"To make the golf course a little more competitive to par"
/Doug Ferguson looks at the utter meaninglessness of par as a barometer of a successful championship, and why everyone still clings to it's value even though they know better.
"We can get caught up too much in numbers," Ben Crenshaw said Monday. "You still add up your score at the end of the round. And they're still going to give the trophy away to the guy with the lowest score."
That's worth noting because twice in the last three weeks on the Florida swing, the courses have played as a par 70. Mark Wilson won the four-man playoff at the Honda Classic after finishing at 5-under 275 at PGA National, which sounds like a more grueling week than if they had finished at 13-under 275.
Now, Palmer has converted Nos. 4 and 16 at Bay Hill into par-4s, and it will play as a par 70 for the first time in the Arnold Palmer Invitational Thursday through Sunday.
"I did it just to make the golf course a little more competitive to par," Palmer said.
Oh joy! Thank God the NCAA tournament will be on at the same time.
A couple of players earn big points for these comments...
Todd Hamilton might have the best solution. The former British Open champion would like to see only one number on the signs at every tee, and that would be to identify what hole you're playing.

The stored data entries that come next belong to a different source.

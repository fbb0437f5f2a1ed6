//! Which identifiers rows have, kept in order.

ghost use Rattle.std.specs.Prelude.{◌≡◌, ◌≢◌, ◌<◌, ◌≤◌, ◌==◌, ◌||◌, ℕ, false, true, length};
ghost use Rattle.std.specs.List.{list_any};
ghost use Rattle.rp_ident.specs.Naming.{given, is_used, is_zero, waits};
ghost use Rattle.rp_ident.specs.Kept.{AreKept, IsId, IsPlaceFor, IsRising, number};

use arrayvec::ArrayVec;
use rp_base::{Guid, Row};

/// How many identifiers are kept at most: as many as a table has rows.
const MOST: usize = 1024;

/// The identifiers of rows that aren't zero, as numbers that don't fall. Where there was no room for one they aren't whole,
/// and the rows are looked at instead.
#[derive(Drop)]
pub(crate) struct Used {
    pub(crate) numbers: ArrayVec<u128, MOST>,
    pub(crate) whole: bool,
}

/// The identifiers of rows.
pub(crate) fn used_of(rows: &[Row]) -> Used
    ensures { AreKept rows.now result }
{
    let mut used = Used {
        numbers: ArrayVec::new(),
        whole: true,
    };
    for row in rows {
        keep_row(&mut used, row);
    }
    used
}

// Keeps the identifier of a row, unless it is zero.
fn keep_row(used: &mut Used, row: &Row)
    ensures rising { IsRising used.old.numbers.items → IsRising used.new.numbers.items }
    ensures found { used.new.whole ≡ true → (n : ℕ) → n ≢ 0
        → list_any (λ m. m == n) used.new.numbers.items ≡ (number row.now.id == n || list_any (λ m. m == n) used.old.numbers.items) }
    ensures whole { used.new.whole ≡ true → used.old.whole ≡ true }
    ensures id { IsId row.now.id }
{
    let number = number(row.id);
    if number == 0 {
        return;
    }
    keep(used, number);
}

// Keeps a number.
fn keep(used: &mut Used, number: u128)
    ensures rising { IsRising used.old.numbers.items → IsRising used.new.numbers.items }
    ensures found { used.new.whole ≡ true → (n : ℕ)
        → list_any (λ m. m == n) used.new.numbers.items ≡ (number == n || list_any (λ m. m == n) used.old.numbers.items) }
    ensures whole { used.new.whole ≡ true → used.old.whole ≡ true }
{
    let at = place_for(used.numbers.as_slice(), number);
    if used.numbers.try_insert(at, number).is_err() {
        used.whole = false;
    }
}

// Where a number goes among numbers that don't fall.
fn place_for(numbers: &[u128], number: u128) -> usize
    ensures inside { result ≤ length numbers.now }
    ensures place { IsRising numbers.now → IsPlaceFor numbers.now number result }
{
    match numbers.binary_search(&number) {
        Ok(at) => at,
        Err(at) => at,
    }
}

// An identifier as a number.
#[tactic(auto, unfolding(crate::specs::Kept::number))]
fn number(id: Guid) -> u128
    ensures value { result ≡ number id }
    ensures id { IsId id }
{
    u128::from_le_bytes(id.0)
}

/// Whether some row has this identifier, which isn't zero.
pub(crate) fn is_used(rows: &[Row], used: &Used, id: Guid) -> bool
    requires kept { AreKept rows.now used.now }
    requires some { is_zero id ≡ false }
    ensures { result ≡ is_used rows.now id }
{
    if used.whole {
        used.numbers.as_slice().binary_search(&number(id)).is_ok()
    } else {
        rows.iter().any(|row| row.id == id)
    }
}

/// Gives the row at a place, which has no identifier, one that isn't zero.
pub(crate) fn give(rows: &mut [Row], used: &mut Used, place: u16, id: Guid)
    requires place { place < length rows.old }
    requires waits { waits rows.old place ≡ true }
    requires kept { AreKept rows.old used.old }
    ensures rows { rows.new ≡ given rows.old place id }
    ensures kept { AreKept rows.new used.new }
{
    give_id(rows, place, id);
    keep(used, number(id));
}

// Gives the row at a place an identifier.
fn give_id(rows: &mut [Row], place: u16, id: Guid)
    requires { place < length rows.old }
    ensures { rows.new ≡ given rows.old place id }
{
    let row = &mut rows[place as usize];
    row.id = id;
}
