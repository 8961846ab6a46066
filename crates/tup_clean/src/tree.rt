//! The files of a build under way.
ghost use Rattle.std.specs.Prelude.{◌≡◌, IsTrue, IfOk, OnOk};
ghost use Rattle.std.specs.Option.{option_copied};
ghost use Rattle.std.specs.FinMap as finite;
ghost use Rattle.tup_path.specs.Order.{by_names};
ghost use Rattle.tup_clean.specs.Clean.{with_files};

use std::alloc::{AllocError, Global};
use std::collections::BTreeMap;
use std::marker::Model;
use tup_path::{Bytes, Files, Items, Path};

/// Files by their paths. Contracts see the tree.
#[derive(Drop)]
pub(crate) struct FileTree {
    files: BTreeMap<Path, Bytes>,
}

impl Model for FileTree {
    ghost use Rattle.std.specs.Prelude.{List, ℕ, IsTrue};
    ghost use Rattle.std.specs.Coded.{coded_ℕ, coded_list};
    ghost use Rattle.std.specs.FinMap as finite;
    ghost use Rattle.tup_path.specs.Order.{by_names};

    ghost Value = { finite.FinMap by_names (List ℕ) };

    ghost coded = { finite.code (coded_list (coded_list coded_ℕ)) (coded_list coded_ℕ) };

    ghost view = { λ t. finite.from_sorted t.files.entries };

    ghost invariant = { λ t. IsTrue (finite.is_sorted by_names t.files.entries) };
}

impl FileTree {
    /// The tree without a file; it takes no memory.
    fn empty(alloc: Global) -> FileTree
        ensures { result ≡ finite.empty }
    {
        FileTree {
            files: BTreeMap::new(alloc),
        }
    }

    /// The tree of some files, which stand in the order of their paths.
    pub(crate) fn new(alloc: Global, files: &Files) -> Result<FileTree, AllocError>
        requires { IsTrue (finite.is_sorted by_names files.now) }
        ensures { IfOk result (λ tree. tree ≡ finite.from_sorted files.now) }
    {
        let mut tree = FileTree::empty(alloc);
        tree.put_all(files.clone()?)?;
        Ok(tree)
    }

    /// The content of a file, where there is one.
    pub(crate) fn get(&self, path: &Path) -> Option<&Bytes>
        ensures { option_copied result ≡ finite.get self.now path.now }
    {
        self.files.get(path)
    }

    /// Puts files one after another. Where there was no memory, those before may stand.
    pub(crate) fn put_all(&mut self, files: Files) -> Result<(), AllocError>
        ensures { OnOk result (self.new ≡ with_files self.old files) }
    {
        for (path, content) in files.into_vec() {
            self.put(path, content)?;
        }
        Ok(())
    }

    fn put(&mut self, path: Path, content: Bytes) -> Result<(), AllocError>
        ensures { OnOk result (self.new ≡ finite.insert self.old path content) }
    {
        self.files.insert(path, content)?;
        Ok(())
    }

    /// The files in the order of their paths; none is copied.
    pub(crate) fn into_files(self, alloc: Global) -> Result<Files, AllocError>
        ensures { IfOk result (λ files. files ≡ finite.entries self) }
    {
        Ok(Items::from_vec(self.files.into_iter().collect(alloc)?))
    }
}
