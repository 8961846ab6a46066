//! The clean build of some sources.
ghost use Rattle.std.specs.Prelude.{◌≡◌, None, IsTrue, IfOk, OnOk, length, replicate};
ghost use Rattle.std.specs.FinMap as finite;
ghost use Rattle.tup_path.specs.Order.{by_names};
ghost use Rattle.tup_clean.specs.Cleaned.{IsCleaned, build, builds_all};
ghost use Rattle.tup_clean.specs.Ran.{RunsAll, CountsFaults, commands, commands_of};
ghost use Rattle.tup_clean.specs.Taken.{takes_on};

use crate::Cleaned;
use crate::fault::CleanFault;
use crate::made::generated;
use crate::queue::Queue;
use crate::running::run;
use crate::tree::FileTree;
use std::alloc::{AllocError, Global};
use tup_access::Verdict;
use tup_path::{Files, Items};
use tup_rule::Rule;
use tup_runner::Runner;

/// The clean build of some sources, which stand in the order of their paths: what the commands of the
/// rules leave where they are run with no history, each as soon as all its declared producers are Good.
///
/// `Run` is a failure of the runner, whose count rose. It and `Memory` leave nothing but what the runner ran.
pub fn clean_build<R: Runner>(
    alloc: Global,
    rules: &[Rule],
    sources: &Files,
    runner: &mut R,
) -> Result<Cleaned, CleanFault>
    requires { IsTrue (finite.is_sorted by_names sources.now) }
    ensures cleaned { IsTrue R.tells → IfOk result (IsCleaned R.next rules.now sources.now) }
    ensures ran { IsTrue R.tells → IsTrue R.tells_ran
        → RunsAll (commands R.next rules.now (finite.from_sorted sources.now))
        (R.ran runner.old) (R.ran runner.new) result }
    ensures cause { CountsFaults (R.faults runner.old) (R.faults runner.new) result }
{
    let mut tree = FileTree::new(alloc, sources)?;
    let mut verdicts = no_verdicts(alloc, rules.len())?;
    build_on(alloc, rules, runner, &mut tree, &mut verdicts)?;
    Ok(Cleaned {
        tree: tree.into_files(alloc)?,
        verdicts: Items::from_vec(verdicts),
    })
}

fn no_verdicts(alloc: Global, count: usize) -> Result<Vec<Option<Verdict>>, AllocError>
    ensures { IfOk result (λ verdicts. verdicts.items ≡ replicate count None) }
{
    let mut verdicts = Vec::new(alloc);
    for _ in 0..count {
        verdicts.push(None)?;
    }
    Ok(verdicts)
}

/// Takes the first rule that is ready, again and again, until there is none.
fn build_on<R: Runner>(
    alloc: Global,
    rules: &[Rule],
    runner: &mut R,
    tree: &mut FileTree,
    verdicts: &mut [Option<Verdict>],
) -> Result<(), CleanFault>
    requires { verdicts.old ≡ replicate (length rules.now) None }
    ensures built { IsTrue R.tells → OnOk result (build tree.new verdicts.new
        ≡ builds_all R.next rules.now (build tree.old verdicts.old)) }
    ensures ran { IsTrue R.tells → IsTrue R.tells_ran
        → let all = takes_on (length rules.now) R.next rules.now (build tree.old verdicts.old) in
        RunsAll (commands_of rules.now all)
        (R.ran runner.old) (R.ran runner.new) result }
    ensures cause { CountsFaults (R.faults runner.old) (R.faults runner.new) result }
{
    let generated = generated(alloc, rules)?;
    let mut queue = Queue::new(alloc, rules)?;
    for _ in 0..rules.len() {
        let Some(at) = queue.next() else {
            return Ok(());
        };
        let (verdict, files) = run(alloc, runner, rules, &generated, &rules[at], tree)?;
        tree.put_all(files)?;
        queue.note(at, &verdict)?;
        verdicts[at] = Some(verdict);
    }
    Ok(())
}
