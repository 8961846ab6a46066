//! The files of a build, as the command of one rule may see them.
ghost use Rattle.std.specs.Prelude.{◌≡◌, ℕ, List, Some, IfOk};
ghost use Rattle.tup_access.specs.declared.verdict.Verdict.{Verdict as VerdictValue};
ghost use Rattle.tup_access.specs.declared.verdict.Access.TheVariants.{No};
ghost use Rattle.tup_access.specs.Access.{access as access_of};
ghost use Rattle.tup_access.specs.Generated.{IsGenerated};
ghost use Rattle.tup_access.specs.Inputs.{AreInputs};
ghost use Rattle.tup_access.specs.Verdict.{answer as answer_of};
ghost use Rattle.tup_clean.specs.Reads.{AreInputs-prop};

use crate::tree::FileTree;
use std::alloc::{AllocError, Global};
use std::collections::BTreeSet;
use tup_access::{Access, Inputs, Verdict, allowed};
use tup_path::{Path, Text};
use tup_rule::Rule;
use tup_runner::{Answer, Stamped, View, ViewFailed};

/// A rule among those of its project, and the files over which it is run.
#[derive(Drop)]
pub(crate) struct Sight<'a> {
    pub rules: &'a [Rule],
    /// What the rules make.
    pub generated: &'a BTreeSet<Path>,
    pub rule: &'a Rule,
    /// What the rule declares.
    pub inputs: &'a Inputs,
    pub tree: &'a FileTree,
}

/// The view of the rule's command.
#[derive(Drop)]
pub(crate) struct FileView<'a> {
    pub sight: Sight<'a>,
    /// How many asks were answered.
    pub asked: u32,
    /// What was denied, and the verdict that this is.
    pub denied: Option<(Text, Verdict)>,
    ghost knows: { IsGenerated sight.rules.now sight.generated.now },
    ghost reads: { AreInputs sight.rule.now sight.inputs.now } by { AreInputs-prop sight.rule.now sight.inputs.now },
    ghost denies: { (text : List ℕ) (verdict : VerdictValue) → denied ≡ Some (text, verdict)
        → access_of sight.rules.now sight.rule.now asked text ≡ No verdict },
}

impl FileView<'_> {
    fn answer(&self, path: &Path) -> Result<Answer, AllocError>
        ensures { IfOk result (λ given. given
            ≡ answer_of self.now.sight.rule.now self.now.sight.tree.now path.now) }
    {
        if self.sight.rule.writes(path) {
            return Ok(Answer::Absent);
        }
        match self.sight.tree.get(path) {
            Some(content) => Ok(Answer::Content(Stamped::new(content.clone()?))),
            None => Ok(Answer::Absent),
        }
    }
}

impl View for FileView<'_> {
    ghost use Rattle.std.specs.Prelude.{◌≡◌, [], false, refl};
    ghost use Rattle.std.proofs.Common.{◌∙◌, ap, subst};
    ghost use Rattle.std.proofs.lemmas.Bool.{false≢true};
    ghost use Rattle.tup_clean.specs.declared.view.Sight.{Sight as SightValue};
    ghost use Rattle.tup_access.specs.Answered.{HasSeen};
    ghost use Rattle.tup_access.proofs.Asked.{seen_none, seen_on};
    ghost use Rattle.tup_clean.specs.Denial.{denial};

    ghost tells = { false };

    ghost asks = { λ _. [] };

    ghost came = { λ first some last. (last.sight ≡ first.sight)
        × HasSeen first.sight.rules.now first.sight.rule.now first.sight.tree.now
        first.asked some last.asked };

    ghost refusal = { λ view. denial view.denied };

    ghost outputs = { λ view. view.sight.rule.now.outputs };

    ghost same = { λ first last. last.sight ≡ first.sight };

    fn ask(&mut self, alloc: Global, text: &Text) -> Result<Answer, ViewFailed> {
        match allowed(
            alloc,
            self.sight.rule,
            self.sight.inputs,
            self.sight.generated,
            text,
            self.asked,
        )? {
            Access::Yes(path) => {
                let answer = self.answer(&path)?;
                self.asked += 1;
                Ok(answer)
            }
            Access::No(verdict) => {
                self.denied = Some((text.clone()?, verdict));
                Err(ViewFailed::Denied)
            }
        }
    }

    fn own(&self) -> &[Path] {
        self.sight.rule.outputs.as_slice()
    }

    ghost stays = { λ view. (refl, seen_none _ _ _ view.asked) };

    ghost goes_on = { λ first next last some more one two. (
      two.0 ∙ one.0,
      seen_on
          _ _ _ first.asked next.asked last.asked some more one.1
          (subst (λ (s : SightValue). HasSeen s.rules.now s.rule.now s.tree.now next.asked more last.asked) one.0 two.1),
    ) };

    ghost same_itself = { λ view. refl };

    ghost same_on = { λ first next last one two. two ∙ one };

    ghost same_outputs = { λ first last one. ap (λ (s : SightValue). s.rule.now.outputs) one };

    ghost told = { λ first last some tells came. absurd (false≢true tells) };
}
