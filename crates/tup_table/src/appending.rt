//! How a store takes a commit.
ghost use Rattle.std.specs.Prelude.{◌≡◌, ◌⊎◌, ◌↔◌, ◌++◌, ◌+◌, ◌<◌, ◌≤◌, length, All, IsTrue, MatchOption, MatchResult, OnOk};
ghost use Rattle.tup_table.specs.Appending.{HasShortKey, appending};
ghost use Rattle.tup_table.specs.Store.{change_spelling, ChangeFits, payload, CommitFits};

use crate::change::Change;
use crate::fault::TableFault;
use crate::sized::{push_long, push_number, push_short};
use std::alloc::{AllocError, Global};
use tup_path::Bytes;

/// How many bytes a store may have.
const MAX_STORE: u64 = 2_147_483_648;

/// How many bytes a commit has beside its changes: its gate, its length, and the next gate.
const AROUND: u64 = 6;

/// Whether no key of the changes has more than 65,535 bytes.
pub fn have_short_keys(changes: &[Change]) -> bool
    ensures { IsTrue result ↔ All HasShortKey changes.now }
{
    changes.iter().all(has_short_key)
}

/// Whether a change's key has at most 65,535 bytes.
fn has_short_key(change: &Change) -> bool
    ensures { IsTrue result ↔ HasShortKey change.now }
{
    match change {
        Change::Put { key, .. } | Change::Delete { key } => key.as_slice().len() <= 65_535,
    }
}

/// The bytes that a commit puts behind the gate at an offset: its length, its changes, and the next gate, which is
/// closed. `Full` where the store would then have more than 2,147,483,648 bytes.
pub fn appended(alloc: Global, gate: u64, changes: &[Change]) -> Result<Bytes, TableFault>
    requires { All HasShortKey changes.now }
    ensures { MatchResult result
        (λ bytes. CommitFits changes.now × (bytes ≡ appending changes.now)
        × (gate + (1 + length bytes) ≤ 2147483648))
        (λ fault. (fault ≡ TableFault.Memory) ⊎ ((fault ≡ TableFault.Full)
        × (2147483648 < gate + (1 + length (appending changes.now))))) }
{
    let Some(length) = payload_len(gate, changes) else {
        return Err(TableFault::Full);
    };
    let mut bytes = Vec::with_capacity(alloc, length as usize + 5)?;
    push_number(&mut bytes, length)?;
    push_changes(&mut bytes, changes)?;
    bytes.extend_from_slice(&[0])?;
    Ok(Bytes::new(bytes))
}

/// Whether a store has room for these bytes behind the gate at an offset.
pub(crate) fn has_room(gate: u64, bytes: &Bytes) -> bool
    ensures { IsTrue result ↔ (gate + (1 + length bytes.now) ≤ 2147483648) }
{
    let len = bytes.as_slice().len() as u64;
    len < MAX_STORE && gate <= MAX_STORE - 1 - len
}

/// How many bytes the changes take, if a store has room for their commit behind the gate at an offset.
fn payload_len(gate: u64, changes: &[Change]) -> Option<u32>
    ensures { MatchOption result (2147483648 < gate + (6 + length (payload changes.now)))
        (λ len. (len ≡ length (payload changes.now)) × (gate + (6 + len) ≤ 2147483648)) }
{
    let room = (MAX_STORE - AROUND).checked_sub(gate)?;
    let left = room_left(room, changes)?;
    Some((room - left) as u32)
}

/// The room that changes leave, if they have room.
fn room_left(room: u64, changes: &[Change]) -> Option<u64>
    ensures { MatchOption result (room < length (payload changes.now))
        (λ left. left + length (payload changes.now) ≡ room) }
{
    let mut left = room;
    for change in changes {
        left = room_behind(left, change)?;
    }
    Some(left)
}

/// The room that a change leaves, if it has room.
fn room_behind(room: u64, change: &Change) -> Option<u64>
    ensures { MatchOption result (room < length (change_spelling change.now))
        (λ left. left + length (change_spelling change.now) ≡ room) }
{
    match change {
        Change::Put { key, value } => {
            let room = room.checked_sub(7)?;
            let room = room.checked_sub(key.as_slice().len() as u64)?;
            room.checked_sub(value.as_slice().len() as u64)
        }
        Change::Delete { key } => {
            let room = room.checked_sub(3)?;
            room.checked_sub(key.as_slice().len() as u64)
        }
    }
}

/// Puts the spellings of changes at the end.
fn push_changes(bytes: &mut Vec<u8>, changes: &[Change]) -> Result<(), AllocError>
    requires { All ChangeFits changes.now }
    ensures { OnOk result (bytes.new.items ≡ bytes.old.items ++ payload changes.now) }
{
    for change in changes {
        push_change(bytes, change)?;
    }
    Ok(())
}

/// Puts the spelling of a change at the end.
fn push_change(bytes: &mut Vec<u8>, change: &Change) -> Result<(), AllocError>
    requires { ChangeFits change.now }
    ensures { OnOk result (bytes.new.items ≡ bytes.old.items ++ change_spelling change.now) }
{
    match change {
        Change::Put { key, value } => {
            bytes.extend_from_slice(&[1])?;
            push_short(bytes, key.as_slice())?;
            push_long(bytes, value.as_slice())
        }
        Change::Delete { key } => {
            bytes.extend_from_slice(&[2])?;
            push_short(bytes, key.as_slice())
        }
    }
}
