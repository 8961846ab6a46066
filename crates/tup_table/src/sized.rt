//! Bytes behind their length.
ghost use Rattle.std.specs.Prelude.{◌≡◌, ◌++◌, MatchOption, OnOk};
ghost use Rattle.byteorder.specs.Endian.{big_bytes};
ghost use Rattle.tup_table.specs.Front.{Front, NoFront};
ghost use Rattle.tup_table.specs.Store.{sized, IsSized};

use byteorder::{BigEndian, ByteOrder};
use std::alloc::AllocError;

/// The bytes behind a length of two bytes, if they are whole, and the rest.
pub(crate) fn short_at(bytes: &[u8]) -> Option<(&[u8], &[u8])>
    ensures { MatchOption result (NoFront (IsSized 2) (sized 2) bytes.now)
        (λ found. Front (IsSized 2) (sized 2) bytes.now found.0.now found.1.now) }
{
    let (length, behind) = bytes.split_at_checked(2)?;
    let (item, rest) = behind.split_at_checked(BigEndian::read_u16(length) as usize)?;
    Some((item, rest))
}

/// The bytes behind a length of four bytes, if they are whole, and the rest.
pub(crate) fn long_at(bytes: &[u8]) -> Option<(&[u8], &[u8])>
    ensures { MatchOption result (NoFront (IsSized 4) (sized 4) bytes.now)
        (λ found. Front (IsSized 4) (sized 4) bytes.now found.0.now found.1.now) }
{
    let (length, behind) = bytes.split_at_checked(4)?;
    let (item, rest) = behind.split_at_checked(BigEndian::read_u32(length) as usize)?;
    Some((item, rest))
}

/// Puts bytes behind their length, which is two bytes, at the end.
pub(crate) fn push_short(bytes: &mut Vec<u8>, item: &[u8]) -> Result<(), AllocError>
    requires { IsSized 2 item.now }
    ensures { OnOk result (bytes.new.items ≡ bytes.old.items ++ sized 2 item.now) }
{
    let mut length = [0; 2];
    BigEndian::write_u16(&mut length, item.len() as u16);
    bytes.extend_from_slice(&length)?;
    bytes.extend_from_slice(item)
}

/// Puts bytes behind their length, which is four bytes, at the end.
pub(crate) fn push_long(bytes: &mut Vec<u8>, item: &[u8]) -> Result<(), AllocError>
    requires { IsSized 4 item.now }
    ensures { OnOk result (bytes.new.items ≡ bytes.old.items ++ sized 4 item.now) }
{
    push_number(bytes, item.len() as u32)?;
    bytes.extend_from_slice(item)
}

/// Puts a number of four bytes at the end.
pub(crate) fn push_number(bytes: &mut Vec<u8>, number: u32) -> Result<(), AllocError>
    ensures { OnOk result (bytes.new.items ≡ bytes.old.items ++ big_bytes 4 number) }
{
    let mut four = [0; 4];
    BigEndian::write_u32(&mut four, number);
    bytes.extend_from_slice(&four)
}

"Get rid of the par. Get rid of the yardage," he said. "Go play the course."
And...
If a player was trailing by one shot coming down the stretch, the last reasonable place to make up ground was the 16th. Find the fairway and you would have a shot at reaching in two and make birdie at worst.
"I thought 16 was a great swing hole," Trevor Immelman said. "You have to hit the fairway, and then you might have a mid-iron to the green. And if you miss the fairway and lay up, you could spin the ball off the green and then you could make bogey. I felt like it was such a great hole coming to the end of the tournament."
And, in lieu of one of his snappy baseball metaphors, David Fay at least hovered on the verge of a Yogi-ism:
"I do think there's a school of thought out there that the USGA is fixated on par," Fay said. "We're not fixated on par, but we like the idea that par is a good score."
Not fixated, but we really fixate on the idea of as a good score.